### EXERCISE BRIEF
How many lines in the material below contain the word "user"? Write only the number.

### LISTED RECORDS

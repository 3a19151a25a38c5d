//! The certifications: three on each user ID but the first, each by a key with a lower index. Random words choose
//! issuer, depth and amount.
ghost use Rattle.std.specs.Prelude.{◌≡◌, ◌+◌, ◌<◌, ◌≤◌, ◌^◌, ℕ, length, IfOk, OnOk};
ghost use Rattle.wot_random.specs.Certifications.{certification_by, certifications_at, drawn_before, issuer_by};
ghost use Rattle.wot_random.specs.Identities.{AreIdentities};
ghost use Rattle.wot_random.specs.Words.{word};

use crate::bodies::signature_body;
use crate::identity::Identity;
use crate::words::Words;
use std::alloc::Global;
use wot_fields::Octets;
use wot_packet::write_packet;
use wot_types::{Fpr, Memory, SigNumber};
use wot_verdict::number_of;

/// A certification of a user ID.
#[derive(Drop)]
pub struct Certification {
    pub packet: Octets,
    pub number: SigNumber,
    pub issuer: Fpr,
}

/// What two words choose: the index of the issuer, and the word for depth and amount.
#[derive(Clone, Copy)]
struct Chosen {
    issuer: u64,
    trust: u64,
}

/// Draws the two words of a certification, below this index.
fn choose(words: &mut Words, index: u32) -> Chosen
    requires drawn { words.old.drawn < 2 ^ 32 }
    requires index { 0 < index }
    ensures issuer { result.issuer ≡ issuer_by words.old.start words.old.drawn index }
    ensures below { result.issuer < index }
    ensures trust { result.trust ≡ word words.old.start (words.old.drawn + 1) }
    ensures start { words.new.start ≡ words.old.start }
    ensures drawn { words.new.drawn ≡ words.old.drawn + 2 }
{
    let issuer = words.draw() % u64::from(index);
    let trust = words.draw();
    Chosen { issuer, trust }
}

/// The certification made in this round.
fn certify(
    alloc: Global,
    words: &mut Words,
    identities: &[Identity],
    index: u32,
    round: u32,
) -> Result<Certification, Memory>
    requires drawn { words.old.drawn < 2 ^ 32 }
    requires round { round ≤ 3 }
    requires index { 0 < index }
    requires identities { (count : ℕ) × (index < count) × AreIdentities words.old.start count identities.now }
    ensures made { IfOk result (λ made. made ≡ certification_by words.old.start words.old.drawn index round) }
    ensures start { words.new.start ≡ words.old.start }
    ensures drawn { words.new.drawn ≡ words.old.drawn + 2 }
{
    let Chosen { issuer, trust } = choose(words, index);
    let issuer = identities[issuer as usize].fpr;
    let depth = (trust % 4) as u8;
    let amount = (60 + trust / 4 % 61) as u8;
    let made = 1_100_000_000 + round;
    let body = signature_body(alloc, 0x10, made, &issuer, &[3, 5, depth, amount])?;
    let subject = &identities[index as usize];
    let number = number_of(subject.body.items(), 1, subject.uid.octets(), &body);
    let mut packet = Vec::new(alloc);
    write_packet(2, &body, &mut packet)?;
    Ok(Certification {
        packet: Octets::from_vec(packet),
        number,
        issuer,
    })
}

/// The certifications of the user ID of an index.
#[tactic(auto, unfolding(crate::specs::Certifications::certifications_at))]
pub fn certifications(
    alloc: Global,
    words: &mut Words,
    identities: &[Identity],
    index: u32,
) -> Result<Vec<Certification>, Memory>
    requires few { length identities.now ≤ 2000 }
    requires index { index < length identities.now }
    requires identities { AreIdentities words.old.start (length identities.now) identities.now }
    requires drawn { words.old.drawn ≡ drawn_before (length identities.now) index }
    ensures made { IfOk result (λ made. made.items ≡ certifications_at words.old.start (length identities.now) index) }
    ensures start { words.new.start ≡ words.old.start }
    ensures drawn { OnOk result (words.new.drawn ≡ drawn_before (length identities.now) (index + 1)) }
{
    let mut made = Vec::new(alloc);
    if index == 0 {
        return Ok(made);
    }
    made.push(certify(alloc, words, identities, index, 1)?)?;
    made.push(certify(alloc, words, identities, index, 2)?)?;
    made.push(certify(alloc, words, identities, index, 3)?)?;
    Ok(made)
}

### RESPONSE TO THE EXERCISE
3